**WORK TASK:** Every record here needs to be duplicated exactly.

(Dataset records)
=====

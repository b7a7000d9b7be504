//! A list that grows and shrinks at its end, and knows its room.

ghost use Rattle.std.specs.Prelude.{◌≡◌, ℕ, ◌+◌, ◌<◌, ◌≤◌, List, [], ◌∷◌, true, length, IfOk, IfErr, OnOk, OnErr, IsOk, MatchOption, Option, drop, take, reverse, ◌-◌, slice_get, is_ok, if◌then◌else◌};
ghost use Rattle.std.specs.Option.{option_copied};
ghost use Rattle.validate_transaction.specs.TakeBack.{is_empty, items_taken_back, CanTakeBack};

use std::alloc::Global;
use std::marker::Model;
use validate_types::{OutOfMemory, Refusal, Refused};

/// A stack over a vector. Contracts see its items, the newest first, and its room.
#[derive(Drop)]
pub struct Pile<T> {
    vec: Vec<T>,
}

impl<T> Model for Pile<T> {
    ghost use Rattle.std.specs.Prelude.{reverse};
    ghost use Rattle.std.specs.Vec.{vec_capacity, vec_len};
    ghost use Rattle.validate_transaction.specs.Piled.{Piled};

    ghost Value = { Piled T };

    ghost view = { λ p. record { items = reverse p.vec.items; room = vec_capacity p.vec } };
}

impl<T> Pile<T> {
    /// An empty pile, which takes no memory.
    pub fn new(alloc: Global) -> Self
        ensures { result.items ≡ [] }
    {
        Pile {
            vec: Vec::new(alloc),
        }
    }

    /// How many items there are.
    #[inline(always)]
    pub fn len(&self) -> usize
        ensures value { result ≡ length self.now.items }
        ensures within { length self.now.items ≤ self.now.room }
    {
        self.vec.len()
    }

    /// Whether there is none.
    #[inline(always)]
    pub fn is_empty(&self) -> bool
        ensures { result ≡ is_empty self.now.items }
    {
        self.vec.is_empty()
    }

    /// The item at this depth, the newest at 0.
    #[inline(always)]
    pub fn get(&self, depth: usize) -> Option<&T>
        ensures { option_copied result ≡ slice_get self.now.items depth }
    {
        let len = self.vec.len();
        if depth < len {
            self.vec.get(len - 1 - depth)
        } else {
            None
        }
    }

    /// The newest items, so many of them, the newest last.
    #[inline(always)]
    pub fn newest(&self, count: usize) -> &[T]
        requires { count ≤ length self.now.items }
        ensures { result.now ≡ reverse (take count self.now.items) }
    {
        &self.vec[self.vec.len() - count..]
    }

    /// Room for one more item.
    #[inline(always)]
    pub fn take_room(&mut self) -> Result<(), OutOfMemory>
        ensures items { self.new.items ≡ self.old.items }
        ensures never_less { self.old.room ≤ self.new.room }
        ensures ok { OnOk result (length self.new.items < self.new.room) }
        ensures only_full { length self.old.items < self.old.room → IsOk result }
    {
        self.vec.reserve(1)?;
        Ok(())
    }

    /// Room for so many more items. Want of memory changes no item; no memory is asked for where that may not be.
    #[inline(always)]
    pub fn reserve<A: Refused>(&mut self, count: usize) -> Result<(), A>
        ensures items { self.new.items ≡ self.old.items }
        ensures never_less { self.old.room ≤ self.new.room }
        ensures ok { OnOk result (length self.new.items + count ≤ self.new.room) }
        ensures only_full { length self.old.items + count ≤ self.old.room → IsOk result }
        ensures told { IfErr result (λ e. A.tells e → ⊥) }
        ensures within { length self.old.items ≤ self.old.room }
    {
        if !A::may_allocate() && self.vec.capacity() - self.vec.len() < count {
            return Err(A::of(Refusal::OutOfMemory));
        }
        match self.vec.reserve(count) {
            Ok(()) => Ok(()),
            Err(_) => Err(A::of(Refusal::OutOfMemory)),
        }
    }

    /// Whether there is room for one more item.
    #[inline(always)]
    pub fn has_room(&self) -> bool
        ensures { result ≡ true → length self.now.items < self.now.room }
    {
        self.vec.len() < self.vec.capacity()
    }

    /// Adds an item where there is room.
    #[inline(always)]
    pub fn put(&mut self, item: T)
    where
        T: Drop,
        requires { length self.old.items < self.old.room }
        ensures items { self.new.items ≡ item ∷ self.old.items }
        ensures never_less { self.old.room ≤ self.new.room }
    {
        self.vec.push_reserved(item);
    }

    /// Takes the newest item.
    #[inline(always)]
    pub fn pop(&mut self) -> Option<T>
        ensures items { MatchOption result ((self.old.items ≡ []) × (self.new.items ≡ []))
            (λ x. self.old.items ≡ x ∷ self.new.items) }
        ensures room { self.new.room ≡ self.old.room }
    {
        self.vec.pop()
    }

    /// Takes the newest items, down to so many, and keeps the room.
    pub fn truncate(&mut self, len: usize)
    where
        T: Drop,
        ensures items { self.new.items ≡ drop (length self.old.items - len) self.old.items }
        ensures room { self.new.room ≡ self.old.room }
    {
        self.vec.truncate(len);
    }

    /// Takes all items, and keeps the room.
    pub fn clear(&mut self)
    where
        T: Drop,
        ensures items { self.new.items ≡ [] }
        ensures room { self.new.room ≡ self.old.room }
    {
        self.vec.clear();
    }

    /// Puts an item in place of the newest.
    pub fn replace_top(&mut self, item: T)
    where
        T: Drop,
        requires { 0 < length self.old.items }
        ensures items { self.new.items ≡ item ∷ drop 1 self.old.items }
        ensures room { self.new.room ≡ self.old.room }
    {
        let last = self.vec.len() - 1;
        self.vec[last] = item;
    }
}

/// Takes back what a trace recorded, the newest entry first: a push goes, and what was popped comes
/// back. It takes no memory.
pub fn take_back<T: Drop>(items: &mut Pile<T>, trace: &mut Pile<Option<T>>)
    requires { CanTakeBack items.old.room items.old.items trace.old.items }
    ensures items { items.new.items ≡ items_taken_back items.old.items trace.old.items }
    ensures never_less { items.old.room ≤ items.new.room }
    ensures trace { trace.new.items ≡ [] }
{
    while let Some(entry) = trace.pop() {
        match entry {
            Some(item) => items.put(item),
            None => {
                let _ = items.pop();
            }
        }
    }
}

=====

**WRITTEN RESPONSE:**
repository b7a7000d9b7be504
//! A list that grows and shrinks at its end, and knows its room.

ghost use Rattle.std.specs.Prelude.{◌≡◌, ℕ, ◌+◌, ◌<◌, ◌≤◌, List, [], ◌∷◌, true, length, IfOk, IfErr, OnOk, OnErr, IsOk, MatchOption, Option, drop, take, reverse, ◌-◌, slice_get, is_ok, if◌then◌else◌};
ghost use Rattle.std.specs.Option.{option_copied};
ghost use Rattle.validate_transaction.specs.TakeBack.{is_empty, items_taken_back, CanTakeBack};

use std::alloc::Global;
use std::marker::Model;
use validate_types::{OutOfMemory, Refusal, Refused};

/// A stack over a vector. Contracts see its items, the newest first, and its room.
#[derive(Drop)]
pub struct Pile<T> {
    vec: Vec<T>,
}

impl<T> Model for Pile<T> {
    ghost use Rattle.std.specs.Prelude.{reverse};
    ghost use Rattle.std.specs.Vec.{vec_capacity, vec_len};
    ghost use Rattle.validate_transaction.specs.Piled.{Piled};

    ghost Value = { Piled T };

    ghost view = { λ p. record { items = reverse p.vec.items; room = vec_capacity p.vec } };
}

impl<T> Pile<T> {
    /// An empty pile, which takes no memory.
    pub fn new(alloc: Global) -> Self
        ensures { result.items ≡ [] }
    {
        Pile {
            vec: Vec::new(alloc),
        }
    }

    /// How many items there are.
    #[inline(always)]
    pub fn len(&self) -> usize
        ensures value { result ≡ length self.now.items }
        ensures within { length self.now.items ≤ self.now.room }
    {
        self.vec.len()
    }

    /// Whether there is none.
    #[inline(always)]
    pub fn is_empty(&self) -> bool
        ensures { result ≡ is_empty self.now.items }
    {
        self.vec.is_empty()
    }

    /// The item at this depth, the newest at 0.
    #[inline(always)]
    pub fn get(&self, depth: usize) -> Option<&T>
        ensures { option_copied result ≡ slice_get self.now.items depth }
    {
        let len = self.vec.len();
        if depth < len {
            self.vec.get(len - 1 - depth)
        } else {
            None
        }
    }

    /// The newest items, so many of them, the newest last.
    #[inline(always)]
    pub fn newest(&self, count: usize) -> &[T]
        requires { count ≤ length self.now.items }
        ensures { result.now ≡ reverse (take count self.now.items) }
    {
        &self.vec[self.vec.len() - count..]
    }

    /// Room for one more item.
    #[inline(always)]
    pub fn take_room(&mut self) -> Result<(), OutOfMemory>
        ensures items { self.new.items ≡ self.old.items }
        ensures never_less { self.old.room ≤ self.new.room }
        ensures ok { OnOk result (length self.new.items < self.new.room) }
        ensures only_full { length self.old.items < self.old.room → IsOk result }
    {
        self.vec.reserve(1)?;
        Ok(())
    }

    /// Room for so many more items. Want of memory changes no item; no memory is asked for where that may not be.
    #[inline(always)]
    pub fn reserve<A: Refused>(&mut self, count: usize) -> Result<(), A>
        ensures items { self.new.items ≡ self.old.items }
        ensures never_less { self.old.room ≤ self.new.room }
        ensures ok { OnOk result (length self.new.items + count ≤ self.new.room) }
        ensures only_full { length self.old.items + count ≤ self.old.room → IsOk result }
        ensures told { IfErr result (λ e. A.tells e → ⊥) }
        ensures within { length self.old.items ≤ self.old.room }
    {
        if !A::may_allocate() && self.vec.capacity() - self.vec.len() < count {
            return Err(A::of(Refusal::OutOfMemory));
        }
        match self.vec.reserve(count) {
            Ok(()) => Ok(()),
            Err(_) => Err(A::of(Refusal::OutOfMemory)),
        }
    }

    /// Whether there is room for one more item.
    #[inline(always)]
    pub fn has_room(&self) -> bool
        ensures { result ≡ true → length self.now.items < self.now.room }
    {
        self.vec.len() < self.vec.capacity()
    }

    /// Adds an item where there is room.
    #[inline(always)]
    pub fn put(&mut self, item: T)
    where
        T: Drop,
        requires { length self.old.items < self.old.room }
        ensures items { self.new.items ≡ item ∷ self.old.items }
        ensures never_less { self.old.room ≤ self.new.room }
    {
        self.vec.push_reserved(item);
    }

    /// Takes the newest item.
    #[inline(always)]
    pub fn pop(&mut self) -> Option<T>
        ensures items { MatchOption result ((self.old.items ≡ []) × (self.new.items ≡ []))
            (λ x. self.old.items ≡ x ∷ self.new.items) }
        ensures room { self.new.room ≡ self.old.room }
    {
        self.vec.pop()
    }

    /// Takes the newest items, down to so many, and keeps the room.
    pub fn truncate(&mut self, len: usize)
    where
        T: Drop,
        ensures items { self.new.items ≡ drop (length self.old.items - len) self.old.items }
        ensures room { self.new.room ≡ self.old.room }
    {
        self.vec.truncate(len);
    }

    /// Takes all items, and keeps the room.
    pub fn clear(&mut self)
    where
        T: Drop,
        ensures items { self.new.items ≡ [] }
        ensures room { self.new.room ≡ self.old.room }
    {
        self.vec.clear();
    }

    /// Puts an item in place of the newest.
    pub fn replace_top(&mut self, item: T)
    where
        T: Drop,
        requires { 0 < length self.old.items }
        ensures items { self.new.items ≡ item ∷ drop 1 self.old.items }
        ensures room { self.new.room ≡ self.old.room }
    {
        let last = self.vec.len() - 1;
        self.vec[last] = item;
    }
}

/// Takes back what a trace recorded, the newest entry first: a push goes, and what was popped comes
/// back. It takes no memory.
pub fn take_back<T: Drop>(items: &mut Pile<T>, trace: &mut Pile<Option<T>>)
    requires { CanTakeBack items.old.room items.old.items trace.old.items }
    ensures items { items.new.items ≡ items_taken_back items.old.items trace.old.items }
    ensures never_less { items.old.room ≤ items.new.room }
    ensures trace { trace.new.items ≡ [] }
{
    while let Some(entry) = trace.pop() {
        match entry {
            Some(item) => items.put(item),
            None => {
                let _ = items.pop();
            }
        }
    }
}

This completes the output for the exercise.